The work is designed in such a way that names inside a light box seem to float below the surface of the water. They represent the many other fugitives who may have had the same age, the same name and whose bodies are in the same place at the bottom of the sea. On the 2nd of December 2013, I took part in a temporary art action initiated together with other artists, which took place in front of the European Parliament in Brussels, and from which I obtained the names of the victims.

 
 
 

 
 
 
 
 

 

How much is enough. (2018)

-six old wood money boxes, (mostly used in shops to stash away cash payment)   

(Shanxi province, China).  17 x 26 x 17,5 cm (6x)

-one self-made reproduction of the antique wooden box in metal (brass).  17 x 26 x 17,5 cm

Only one metal box, hanging among the others, represents in a metaphorical way the 1% of the population, to which half of the world's wealth belongs. This leads us to think about the actual world order.

The work deals with the uncertainty of human conditions connected to the acceleration of globalization, the legacies of colonial occupation throughout the world, and the control exercised by the private industry, which is causing global inequality. All those aspects lead to the question, why inequality is so difficult to overcome.

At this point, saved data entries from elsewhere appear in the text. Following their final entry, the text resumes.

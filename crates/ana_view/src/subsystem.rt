//! The ANA groups of one subsystem on each port, ready.
ghost use Rattle.std.specs.Prelude.{◌≡◌, ◌≢◌, ◌↔◌, [], IfOk, IsTrue, OnOk};
ghost use Rattle.ana_view.specs.Bodies.{AreListed, HasMore, HasPorts, no_groups};
ghost use Rattle.ana_view.specs.Tables.{AreNamespacesOf};
ghost use Rattle.ana_view.specs.View.{AreFew, AreGroupsOf, groups_on};

use crate::group_list::{AnaGroup, GroupList};
use crate::groups::Groups;
use config_lists::NamespaceTable;
use indexmap::IndexMap;
use nvt_config::Seen;
use std::alloc::{AllocError, Global};
use std::marker::Model;

/// The groups of one subsystem: on each port for which a state was set, and those on every other port,
/// where each state is optimized. Where no namespace of it is seen there are none, and no port.
#[derive(Drop)]
pub(crate) struct SubsystemGroups {
    plain: GroupList,
    ports: IndexMap<u16, GroupList>,
}

impl Model for SubsystemGroups {
    ghost use Rattle.ana_view.specs.View.{OfSubsystem};

    ghost Value = { OfSubsystem };

    ghost view = { λ g. record { plain = g.plain; ports = g.ports.entries } };
}

impl SubsystemGroups {
    /// None.
    pub(crate) fn empty(alloc: Global) -> SubsystemGroups
        ensures { result ≡ no_groups }
    {
        SubsystemGroups {
            plain: GroupList::empty(alloc),
            ports: IndexMap::new(alloc),
        }
    }

    /// Those of a configuration as it is seen.
    pub(crate) fn of(
        alloc: Global,
        seen: &Seen<'_>,
        subsystem: &[u8],
    ) -> Result<SubsystemGroups, AllocError>
        ensures groups { IfOk result (AreGroupsOf seen.now subsystem.now) }
        ensures sparse { IfOk result (λ groups. groups.plain ≡ [] → groups ≡ no_groups) }
    {
        let namespaces = seen.table(subsystem);
        let plain = GroupList::of(alloc, &Groups::plain(&namespaces))?;
        let mut groups = SubsystemGroups {
            plain,
            ports: IndexMap::new(alloc),
        };
        groups.add_ports(alloc, seen, subsystem, &namespaces)?;
        Ok(groups)
    }

    /// Those on a port.
    pub(crate) fn on(&self, port: u16) -> &[AnaGroup]
        ensures lent { result.now ≡ groups_on self.now port }
        ensures few { AreFew result.now }
    {
        match self.ports.get(&port) {
            Some(list) => list.as_slice(),
            None => self.plain.as_slice(),
        }
    }

    /// Whether there are none, and no port.
    pub(crate) fn is_empty(&self) -> bool
        ensures { IsTrue result ↔ (self.now ≡ no_groups) }
    {
        self.plain.is_empty() && self.ports.is_empty()
    }

    // Adds those on each port for which a state was set, unless no namespace is there.
    fn add_ports(
        &mut self,
        alloc: Global,
        seen: &Seen<'_>,
        subsystem: &[u8],
        namespaces: &NamespaceTable<'_>,
    ) -> Result<(), AllocError>
        requires namespaces { AreNamespacesOf seen.now subsystem.now namespaces.now }
        requires none { self.old.ports ≡ [] }
        ensures listed { OnOk result (AreListed seen.now subsystem.now self.new.ports) }
        ensures ports { OnOk result (self.new.plain ≢ []
            → HasPorts subsystem.now seen.now.states self.new.ports) }
        ensures sparse { OnOk result (self.new.plain ≡ [] → self.new.ports ≡ []) }
        ensures plain { self.new.plain ≡ self.old.plain }
    {
        if self.plain.is_empty() {
            return Ok(());
        }
        for state in seen.states() {
            if state.subsystem.as_bytes() == subsystem {
                self.add(alloc, seen, subsystem, namespaces, state.port)?;
            }
        }
        Ok(())
    }

    // Adds those on a port, unless they are there.
    fn add(
        &mut self,
        alloc: Global,
        seen: &Seen<'_>,
        subsystem: &[u8],
        namespaces: &NamespaceTable<'_>,
        port: u16,
    ) -> Result<(), AllocError>
        requires namespaces { AreNamespacesOf seen.now subsystem.now namespaces.now }
        requires listed { AreListed seen.now subsystem.now self.old.ports }
        ensures listed { OnOk result (AreListed seen.now subsystem.now self.new.ports) }
        ensures more { OnOk result (HasMore self.old.ports self.new.ports port) }
        ensures plain { self.new.plain ≡ self.old.plain }
    {
        if self.ports.contains_key(&port) {
            return Ok(());
        }
        let list = GroupList::of(alloc, &Groups::of(namespaces, seen, subsystem, port))?;
        self.ports.insert(port, list)?;
        Ok(())
    }
}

To find an answer, Adrian Bejan, Professor of Mechanical Engineering at Duke University discovered the Constructal Law, in which physics can predict wealth inequality. Bejan's Constructal Law addresses the fundamental principle of physics that underlies the evolution of flow systems as they change in design over time to increase flow access. It reveals that flow patterns govern the structure of the entire universe—most clearly evident within rivers, neural networks, lightning bolts, electrical circuitry and trees. Every flow architecture on Earth follows the same order, which is a natural tendency to want to flow more easily. "The Constructal Law extends the power of physics over all of the phenomena of evolutionary design and organization, from geophysics to biology, technology, and social organization,"

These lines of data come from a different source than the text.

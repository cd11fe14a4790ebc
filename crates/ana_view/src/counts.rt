//! How often edits changed what one controller shows.
ghost use Rattle.std.specs.Prelude.{◌≡◌};
ghost use Rattle.nvt_config.specs.Configuration.{Configuration};
ghost use Rattle.nvt_config.specs.SeenBy.{seen_by};
ghost use Rattle.ana_view.specs.Counts.{count_after, count_in, counts_with, for_each_group};
ghost use Rattle.ana_view.specs.Group.{any_group, changes_ana};
ghost use Rattle.ana_view.specs.GroupChanges.{has_changed};
ghost use Rattle.ana_view.specs.View.{PlansEdit};

use crate::group_changes::{GROUPS, GroupChanges};
use crate::plan::Plan;
use config_lists::GROUP_END;
use std::marker::Model;

/// The change counts of the Asymmetric Namespace Access log page of one controller: the page's own,
/// and one for each group. They take no memory, and go round after 64 bits.
#[derive(Drop)]
pub struct AnaCounts {
    changes: u64,
    // That of the first group first.
    groups: [u64; GROUPS],
}

impl Model for AnaCounts {
    ghost use Rattle.ana_view.specs.Counts.{Counts};

    ghost Value = { Counts };

    ghost view = { λ c. record { changes = c.changes; groups = c.groups } };
}

impl AnaCounts {
    ghost use Rattle.ana_view.specs.Counts.{count_in, counts_after, no_changes};
    ghost use Rattle.ana_view.specs.Group.{changes_ana};

    /// The counts of a controller that has just been enabled: 0.
    pub fn new() -> AnaCounts
        ensures { result ≡ no_changes }
    {
        AnaCounts {
            changes: 0,
            groups: [0; GROUPS],
        }
    }

    /// Sets each count to 0, as the controller is enabled.
    pub fn reset(&mut self)
        ensures { self.new ≡ no_changes }
    {
        *self = AnaCounts::new();
    }

    /// Counts what an edit is going to change of what the controllers of that subsystem on that port
    /// show to the host of that name; whether it changes anything. It comes before the plan is
    /// committed. A group that comes, goes, gets or loses a namespace that the host sees, or goes over to
    /// another state has changed.
    pub fn note(&mut self, plan: &Plan, host: &[u8], subsystem: &[u8], port: u16) -> bool
        ensures changed { (old new : Configuration) → PlansEdit old new plan.now → result
            ≡ changes_ana (seen_by old host.now) (seen_by new host.now) subsystem.now port }
        ensures counts { (old new : Configuration) → PlansEdit old new plan.now → self.new
            ≡ counts_after (seen_by old host.now) (seen_by new host.now) subsystem.now port self.old }
    {
        self.count(&GroupChanges::of(plan, host, subsystem, port))
    }

    /// Counts each of these groups, and the page, where there is one; whether there is.
    pub fn count(&mut self, changes: &GroupChanges) -> bool
        ensures changed { result ≡ any_group (has_changed changes.now) }
        ensures counts { self.new ≡ counts_with (has_changed changes.now) self.old }
    {
        let changed = count_groups(&mut self.groups, changes);
        if changed {
            self.changes = self.changes.wrapping_add(1);
        }
        changed
    }

    /// How often what the controller shows has changed.
    pub(crate) fn changes(&self) -> u64
        ensures { result ≡ self.now.changes }
    {
        self.changes
    }

    /// How often the group has changed.
    pub(crate) fn of(&self, group: u32) -> u64
        ensures { result ≡ count_in self.now.groups group }
    {
        match self.groups.get(group.saturating_sub(1) as usize) {
            Some(count) => *count,
            None => 0,
        }
    }
}

// Counts each of these groups; whether there is one.
fn count_groups(counts: &mut [u64; GROUPS], changes: &GroupChanges) -> bool
    ensures changed { result ≡ any_group (has_changed changes.now) }
    ensures counts { counts.new ≡ for_each_group
        (λ group. count_after (has_changed changes.now group) (count_in counts.old group)) }
{
    let mut changed = false;
    for group in 1..GROUP_END {
        if changes.has(group) {
            let at = group as usize - 1;
            counts[at] = counts[at].wrapping_add(1);
            changed = true;
        }
    }
    changed
}
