//! A view of the ANA groups: it follows the edits of a configuration and writes the log page of each
//! controller, as its host sees it.
ghost use Rattle.std.specs.Prelude.{◌≡◌, ◌<◌, [], IfOk, IsOk, Ok, Some, length, slice_get};
ghost use Rattle.std.specs.Option.{option_copied};
ghost use Rattle.nvt_config.specs.Accept.{accept};
ghost use Rattle.nvt_config.specs.Reach.{host_reached, subsystem_reached};
ghost use Rattle.tables.specs.Variants.{count_at};
ghost use Rattle.nvt_fields.specs.Window.{window};
ghost use Rattle.ana_view.specs.Counts.{Counts};
ghost use Rattle.ana_view.specs.Reached.{IsOfEveryone, IsOfHost};
ghost use Rattle.ana_view.specs.View.{IsPlannedFor, IsShownAfter, LeadsTo, PlansEdit, ShowsAna};
ghost use Rattle.ana_view.specs.View.{groups_in, page_in};

use crate::bodies::{Bodies, groups_of};
use crate::counts::AnaCounts;
use crate::group_list::AnaGroup;
use crate::page::{page_len, write_page};
use crate::plan::{EveryoneGroups, HostGroups, Plan, Reached};
use crate::subsystem::SubsystemGroups;
use config_lists::Shows;
use nvt_config::{Config, Edit, host_reached, subsystem_reached};
use std::alloc::{AllocError, Global};
use std::marker::Model;

/// The ANA groups that the controllers of each subsystem on each port show to each host.
///
/// They are ready: no call but `new`, `prepare` and `prepare_to` walks over a configuration, and nothing
/// is kept of one. Hosts that are shown nothing of a subsystem share its groups.
#[derive(Drop)]
pub struct AnaView {
    alloc: Global,
    bodies: Bodies,
}

impl Model for AnaView {
    ghost use Rattle.ana_view.specs.View.{ViewState};

    ghost Value = { ViewState };

    ghost view = { λ v. v.bodies };
}

impl AnaView {
    /// The view of a configuration.
    pub fn new(alloc: Global, config: &Config) -> Result<AnaView, AllocError>
        ensures { IfOk result (λ view. ShowsAna config.now view.shown) }
    {
        let bodies = Bodies::of(alloc, config)?;
        Ok(AnaView { alloc, bodies })
    }

    /// Takes all the memory to go over to what an edit makes of the configuration that the view shows.
    /// Every answer is as before, also where memory ran out. An edit that reaches no subsystem's
    /// namespaces or states costs nothing, one that reaches a subsystem's costs its own, for strangers
    /// and for each host that is shown some, and one that shows or hides a namespace costs those of its
    /// host, and copies no configuration.
    pub fn prepare(&mut self, config: &Config, edit: &Edit) -> Result<Plan, AllocError>
        requires { IsOk (accept config.now edit.now) }
        ensures planned { IfOk result (λ plan. IfOk (accept config.now edit.now)
            (λ next. PlansEdit config.now next plan)) }
        ensures next { ShowsAna config.now self.old.shown → IfOk result (λ plan.
            IfOk (accept config.now edit.now) (λ next. LeadsTo next self.old.shown plan)) }
        ensures room { IfOk result (IsPlannedFor self.new) }
        ensures kept { self.new.shown ≡ self.old.shown }
    {
        let Some(subsystem) = subsystem_reached(edit) else {
            return Ok(Plan {
                reached: Reached::Nothing,
            });
        };
        let Some(host) = host_reached(edit) else {
            let next = config.edited(edit)?;
            return self.prepare_to(config, &next, edit);
        };
        self.prepare_one(config, edit, host, subsystem)
    }

    /// The same, for a caller that has the configuration after the edit already.
    pub fn prepare_to(
        &mut self,
        config: &Config,
        next: &Config,
        edit: &Edit,
    ) -> Result<Plan, AllocError>
        requires { accept config.now edit.now ≡ Ok next.now }
        ensures planned { IfOk result (PlansEdit config.now next.now) }
        ensures next { ShowsAna config.now self.old.shown
            → IfOk result (LeadsTo next.now self.old.shown) }
        ensures room { IfOk result (IsPlannedFor self.new) }
        ensures kept { self.new.shown ≡ self.old.shown }
    {
        let Some(subsystem) = subsystem_reached(edit) else {
            return Ok(Plan {
                reached: Reached::Nothing,
            });
        };
        let Some(host) = host_reached(edit) else {
            self.bodies.reserve()?;
            let everyone = self.everyone(config, next, subsystem)?;
            return Ok(Plan {
                reached: Reached::Everyone(everyone),
            });
        };
        self.prepare_one(config, edit, host, subsystem)
    }

    // Prepares an edit that reaches one host alone. Nothing of the configuration is copied.
    fn prepare_one(
        &mut self,
        config: &Config,
        edit: &Edit,
        host: &[u8],
        subsystem: &[u8],
    ) -> Result<Plan, AllocError>
        requires subsystem { subsystem_reached edit.now ≡ Some subsystem.now }
        requires host { host_reached edit.now ≡ Some host.now }
        ensures planned { IfOk result (λ plan. IfOk (accept config.now edit.now)
            (λ next. PlansEdit config.now next plan)) }
        ensures next { ShowsAna config.now self.old.shown → IfOk result (λ plan.
            IfOk (accept config.now edit.now) (λ next. LeadsTo next self.old.shown plan)) }
        ensures room { IfOk result (IsPlannedFor self.new) }
        ensures kept { self.new.shown ≡ self.old.shown }
    {
        self.bodies.reserve()?;
        let one = self.of_host(config, config.shows_after(edit), host, subsystem)?;
        Ok(Plan {
            reached: Reached::Host(one),
        })
    }

    // What an edit makes of a subsystem for every host.
    fn everyone(
        &self,
        old: &Config,
        new: &Config,
        subsystem: &[u8],
    ) -> Result<EveryoneGroups, AllocError>
        ensures { IfOk result (IsOfEveryone old.now new.now subsystem.now) }
    {
        let name = Vec::from_slice(self.alloc, subsystem)?;
        let before = groups_of(self.alloc, old, subsystem)?;
        let after = groups_of(self.alloc, new, subsystem)?;
        Ok(EveryoneGroups {
            subsystem: name,
            before,
            after,
        })
    }

    // What an edit makes of a subsystem for one host: after it there are these shows.
    fn of_host(
        &self,
        config: &Config,
        shows: Shows<'_>,
        host: &[u8],
        subsystem: &[u8],
    ) -> Result<HostGroups, AllocError>
        ensures of { let next = record config.now { shows = shows.entry } in
            IfOk result (IsOfHost config.now next host.now subsystem.now) }
        ensures empty { IfOk result (λ r. r.room.values ≡ []) }
        ensures wide { IfOk result
            (λ r. count_at self.now.shown.subsystems subsystem.now < r.room.room) }
    {
        let is_own = shows.is_shown_of(subsystem, host);
        let before = SubsystemGroups::of(self.alloc, &config.seen_by(host), subsystem)?;
        let seen = config.seen_with(shows, host);
        let after = SubsystemGroups::of(self.alloc, &seen, subsystem)?;
        let room = self.bodies.room_for_host(self.alloc, subsystem)?;
        Ok(HostGroups {
            subsystem: Vec::from_slice(self.alloc, subsystem)?,
            host: Vec::from_slice(self.alloc, host)?,
            before,
            after,
            nobody: SubsystemGroups::empty(self.alloc),
            is_own,
            room,
        })
    }

    /// Goes over to what was prepared last. Takes no memory.
    pub fn commit(&mut self, plan: Plan)
        requires { IsPlannedFor self.old plan }
        ensures { IsShownAfter self.old.shown plan self.new.shown }
    {
        match plan.reached {
            Reached::Nothing => {}
            Reached::Everyone(reached) => self.bodies.replace(reached),
            Reached::Host(reached) => self.bodies.replace_of_host(reached),
        }
    }

    /// The group of this number, from 0, of those that a controller of that subsystem on that port shows
    /// to the host of that name. The host may be one that was never added.
    pub fn group(&self, host: &[u8], subsystem: &[u8], port: u16, index: usize) -> Option<&AnaGroup>
        ensures { option_copied result
            ≡ slice_get (groups_in self.now.shown host.now subsystem.now port) index }
    {
        self.bodies.get(host, subsystem, port).get(index)
    }

    /// Fills `out` with the Asymmetric Namespace Access log page (Base 2.0, section 5.16.1.13) of a
    /// controller of that subsystem on that port for the host of that name, with its counts, from an
    /// offset on, and with zeros past the page's end. With `groups_only` (Return Groups Only) no
    /// descriptor has identifiers.
    pub fn window(
        &self,
        host: &[u8],
        subsystem: &[u8],
        port: u16,
        counts: &AnaCounts,
        groups_only: bool,
        offset: u64,
        out: &mut [u8],
    )
        ensures { out.new
            ≡ window (page_in self.now.shown host.now subsystem.now port counts.now groups_only)
            offset (length out.old) }
    {
        write_page(
            out,
            offset,
            self.bodies.get(host, subsystem, port),
            counts,
            groups_only,
        );
    }

    /// The length of that page in bytes.
    pub fn len(&self, host: &[u8], subsystem: &[u8], port: u16, groups_only: bool) -> u64
        ensures { (counts : Counts) → result
            ≡ length (page_in self.now.shown host.now subsystem.now port counts groups_only) }
    {
        page_len(self.bodies.get(host, subsystem, port), groups_only)
    }
}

“The annual wealth, gross domestic product (GDP), is essentially proportional to the useful energy or 'work and movement' generated by a group or territory, so we can think of wealth as movement. Also recognize movement (wealth) as inequality that is hierarchical." This finding is "pivotal for physics, because it shows that the economics concept of wealth has a physical basis, which is measurable as work, fuel consumed, or movement effected by fuel, food, and work" "This unites economics and physics. The equivalence between wealth and movement is evolutionary because wealth and fuel use are increasing over time."

Even if Bejan's Physical Law describes the phenomenon of global inequality in a comprehensible way, human actions can change this law significantly. From a humanist point of view there is nothing natural about extreme inequality, it is man-made, and it has to do with power. From this point on, the work could also refer to Bertolt Brecht's play Die Dreigroschenoper, in which social conditions ultimately determine people's actions.

The installation How Much is Enough attempts to illustrate also the inequality between countries, which has been increasing by orders of magnitude over the past two hundred years, and shows no signs of slowdown. As long as a few rich countries have the power to set the rules to their own advantage, inequality will continue to increase.

Growth has been the main object of development for the past 70 years, despite the fact that it can’t work for all. Growth is not an option any more, we have already grown too much. We are blowing past planetary boundaries at a high speed. And the truth is that the global crisis is almost entirely a result of overconsumption in rich countries.

Instead of pushing poorer countries to “catch up“ with rich ones, we should be thinking of ways to get rich countries to “catch down“ to more appropriate levels of development. In order to achieve that, we have to reach a higher level of understanding and consciousness about why we are on this planet and what we want to do with it.